Red Orchestra: Eskiden moddu bu, sonra oyun falan oldu. Bu da Call of Duty'ye göre oldukça, Battlefield'a göre de fazlasıyla gerçekçi ama bir ARMA/OpFor değil. Yine de hikaye güzel, yalnız single player'da botlar biraz aptal. Ama güzel bir olay bulmuşlar, önce Axis olarak oynuyoruz, sonra aynı cepheleri Allies tarafından oynuyoruz falan.

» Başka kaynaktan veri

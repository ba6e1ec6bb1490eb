//! Sessions over a hub whose actors run.

use crate::service::clocks::Counts;
use crate::service::frames::{
    FOUND, INSERTED, LOOKUP, NONE_FOUND, PURGE, REGISTER, REGISTER_NONE, REMOVE, assert_replied,
    joined,
};
use crate::service::stores::{assert_opens_to, cores, new_store};
use crate::service::tasks::{TURNS, Talk, session, talked};
use hub_claims::{HubName, Patient};
use path_hub::{Hub, Senders};
use path_session::{HubService, Replies, Service, serve};
use sector_dev::Device;
use seg_check::TrustAll;
use seg_lookup::Roster;
use session_core::Kinds;
use std::alloc::Global;
use std::io;
use std::io::Read;
use std::process::Abort;
use std::sync::Wait;
use std::thread::Threads;
use std::time::Clock;

/// Gives its bytes in two pieces.
#[derive(Drop)]
struct Cut<'a> {
    first: &'a [u8],
    rest: &'a [u8],
}

impl Read for Cut<'_> {
    fn read(&mut self, buf: &mut [u8]) -> io::Result<usize> {
        if self.first.is_empty() {
            self.rest.read(buf)
        } else {
            self.first.read(buf)
        }
    }
}

/// One session, whose input is cut once.
#[derive(Drop)]
pub(crate) struct Frames {
    pub(crate) alloc: Global,
    pub(crate) frames: Vec<u8>,
    pub(crate) cut: usize,
}

impl Talk for Frames {
    fn talk<D: Device, N: HubName, R: Wait + Clock + Abort>(
        &self,
        hub: &Hub<D, N, R>,
        senders: &Senders<N>,
    ) -> Option<Vec<u8>> {
        let roster = cores(hub.handle(), self.alloc);
        let frames = self.frames.as_slice();
        let (first, rest) = frames.split_at(self.cut.min(frames.len()));
        let mut input = Cut { first, rest };
        let mut replies = Vec::new(self.alloc);
        let is_well = session(
            hub,
            senders,
            self.alloc,
            &roster,
            Counts::after(0),
            &mut input,
            &mut replies,
        );
        is_well.then_some(replies)
    }
}

/// Sees what a session over a new store is replied, and how many rows and which place its device
/// opens to.
fn assert_session<R: Wait + Clock + Threads + Abort + Copy + Drop + Send + Sync>(
    rt: R,
    alloc: Global,
    frames: &[&str],
    cut: usize,
    replies: &[&str],
    rows: usize,
    place: u64,
) {
    let frames = joined(&rt, alloc, frames);
    let talk = Frames { alloc, frames, cut };
    let (device, written) = talked(rt, alloc, new_store(&rt, alloc), talk);
    assert_replied(&rt, alloc, written, replies);
    assert_opens_to(&rt, alloc, device, rows, place);
}

#[test]
fn register_then_lookup(rt: HostRuntime) {
    let alloc = rt.alloc();
    // The frames have 101 and 21 bytes.
    for cut in 0..=122 {
        assert_session(
            &rt,
            alloc,
            &[REGISTER, LOOKUP],
            cut,
            &[INSERTED, FOUND],
            1,
            1,
        );
    }
}

#[test]
fn empty_request_and_registration(rt: HostRuntime) {
    let replies = [
        "00000002ff41",
        "0000001981000000000000000000000000000000000000000000000000",
        NONE_FOUND,
    ];
    let frames = ["0000000102", REGISTER_NONE, LOOKUP];
    assert_session(&rt, rt.alloc(), &frames, 0, &replies, 0, 1);
}

#[test]
fn three_equal_purges(rt: HostRuntime) {
    let replies = [
        "0000001983000000000000000000000000000000000000000000000000",
        "0000001983000000000000000100000000000000000000000000000000",
        "0000001983000000000000000200000000000000000000000000000000",
    ];
    assert_session(&rt, rt.alloc(), &[PURGE, PURGE, PURGE], 0, &replies, 0, 3);
}

// A registration with more segments than a command may have cannot be read, so the hub's refusal of
// such a command is never replied.
#[test]
fn seventeen_segments(rt: HostRuntime) {
    let (_head, segment) = REGISTER.split_at(22);
    let mut frames = [segment; 18];
    // The lengths of the frame, of the entry of a type, and of its segments.
    frames[0] = "00000603010aff0b080212fa0b";
    assert_session(&rt, rt.alloc(), &frames, 0, &["00000002ff2a"], 0, 0);
}

/// Serves a session of one frame. The result says whether it was replied to.
fn served<S: Service>(alloc: Global, frame: &[u8], replies: &mut Vec<u8>, service: &mut S) -> bool {
    let mut input = frame;
    let mut replies = Replies::of(replies);
    serve(alloc, &mut input, &mut replies, service, Kinds::Base, TURNS) == Ok(1)
}

/// Serves a registration by the one service, a lookup and a removal by the other, and a lookup by
/// the first one. The result says whether all were replied to.
fn serve_both<S: Service, O: Service>(
    alloc: Global,
    (one, other): (&mut S, &mut O),
    remove: &[u8],
    replies: &mut Vec<u8>,
) -> bool {
    let registered = served(alloc, &test_support::REGISTER, replies, one);
    let found = served(alloc, &test_support::LOOKUP, replies, other);
    let removed = served(alloc, remove, replies, other);
    let looked_up = served(alloc, &test_support::LOOKUP, replies, one);
    registered && found && removed && looked_up
}

/// Two services at once: what the one has committed, the other finds.
#[derive(Drop)]
struct Pair {
    alloc: Global,
}

impl Pair {
    /// Adds what both services reply. The result says whether they replied to all.
    fn reply<D: Device, N: HubName, R: Wait + Clock + Abort>(
        &self,
        hub: &Hub<D, N, R>,
        senders: &Senders<N>,
        (cores, remove): (&Roster, &[u8]),
        replies: &mut Vec<u8>,
    ) -> Option<bool> {
        let reader = hub.reader().ok()?;
        let another = hub.reader().ok()?;
        let clock = Counts::after(0);
        let sender = senders.begin();
        let mut one = HubService::new(hub, reader, &TrustAll, clock, cores, Patient, sender);
        let clock = Counts::after(0);
        let sender = senders.begin();
        let mut other = HubService::new(hub, another, &TrustAll, clock, cores, Patient, sender);
        let is_well = serve_both(self.alloc, (&mut one, &mut other), remove, replies);
        hub.give_back(one.into_reader());
        hub.give_back(other.into_reader());
        Some(is_well)
    }
}

impl Talk for Pair {
    fn talk<D: Device, N: HubName, R: Wait + Clock + Abort>(
        &self,
        hub: &Hub<D, N, R>,
        senders: &Senders<N>,
    ) -> Option<Vec<u8>> {
        let rt = hub.handle();
        let roster = cores(rt, self.alloc);
        let remove = joined(rt, self.alloc, &[REMOVE]);
        let mut replies = Vec::new(self.alloc);
        let is_well = self.reply(hub, senders, (&roster, &remove), &mut replies);
        (is_well == Some(true)).then_some(replies)
    }
}

#[test]
fn learnt_receipt_is_shown(rt: HostRuntime) {
    let alloc = rt.alloc();
    let (device, written) = talked(&rt, alloc, new_store(&rt, alloc), Pair { alloc });
    let replies = [
        INSERTED,
        FOUND,
        "0000001984000000000000000100000000000000000000000000000001",
        NONE_FOUND,
    ];
    assert_replied(&rt, alloc, written, &replies);
    assert_opens_to(&rt, alloc, device, 0, 2);
}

L.A. Noire: Hep Mafia çakması diye uzak durmuştum ancak bambaşkaymış. Henüz oynuyorum bitirmedim, bunca zaman ertelediğime pişmanım.

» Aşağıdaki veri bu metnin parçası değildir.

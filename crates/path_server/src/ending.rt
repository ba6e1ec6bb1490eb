//! The end of a server.

use crate::reports::Reports;
use crate::server::Server;
use paced_stream::Deadline;
use server_front::Listener;
use std::sync::Wait;
use std::sync::atomic::Ordering;
use std::thread::sleep;
use std::time::{Clock, Duration};

/// The time in milliseconds after which it is asked again whether sessions are open.
const NAP: u64 = 20;

impl<L: Listener + Drop, O: Reports> Server<'_, L, O> {
    /// Waits until no session is open. Once the server is to end, the sessions that are open have
    /// the grace of the options to end by themselves. Then their connections are shut down, which
    /// ends each session at its next read or write.
    pub(crate) fn await_last<R: Wait + Clock>(&self, rt: &R) {
        for _ in rt.forever() {
            if self.taken() == 0 {
                return;
            }
            if self.reports.wants_end() {
                break;
            }
            sleep(rt, Duration::from_millis(NAP));
        }
        self.await_grace(rt);
        self.shut.store(true, Ordering::SeqCst);
        self.seats.shut(rt);
        self.lookup_seats.shut(rt);
    }

    /// Waits until no session is open or the grace is over.
    fn await_grace<R: Wait + Clock>(&self, rt: &R) {
        let Ok(deadline) = Deadline::after(rt, self.options.grace) else {
            return;
        };
        for _ in rt.forever() {
            if self.taken() == 0 || deadline.left(rt).is_none() {
                return;
            }
            sleep(rt, Duration::from_millis(NAP));
        }
    }
}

Mafia: Hikayesiyle, müzikleriyle, oynanışıyla mükemmel oyun. Özellikle ilk oyunun yeri çok başka.
Alice: American McGee denen adamın ne acayip bir kafada olduğunu gösteriyor resmen. Özellikle yenisindeki mekan tasarımları falan yüzünden bazen oyunu bırakıp sağı solu izlemeye dalıyorum. Mednıslı bir Alice hiç de fena fikir değil hem.
Killing Floor: L4D gibi, ancak wave başına para kazanıyoruz ve o paralarla silah, cephane, zırh gibi şeyler alıyoruz. Daha karanlık bir atmosferde geçiyor. Şurada yazmıştım: (bkz:
#18414059)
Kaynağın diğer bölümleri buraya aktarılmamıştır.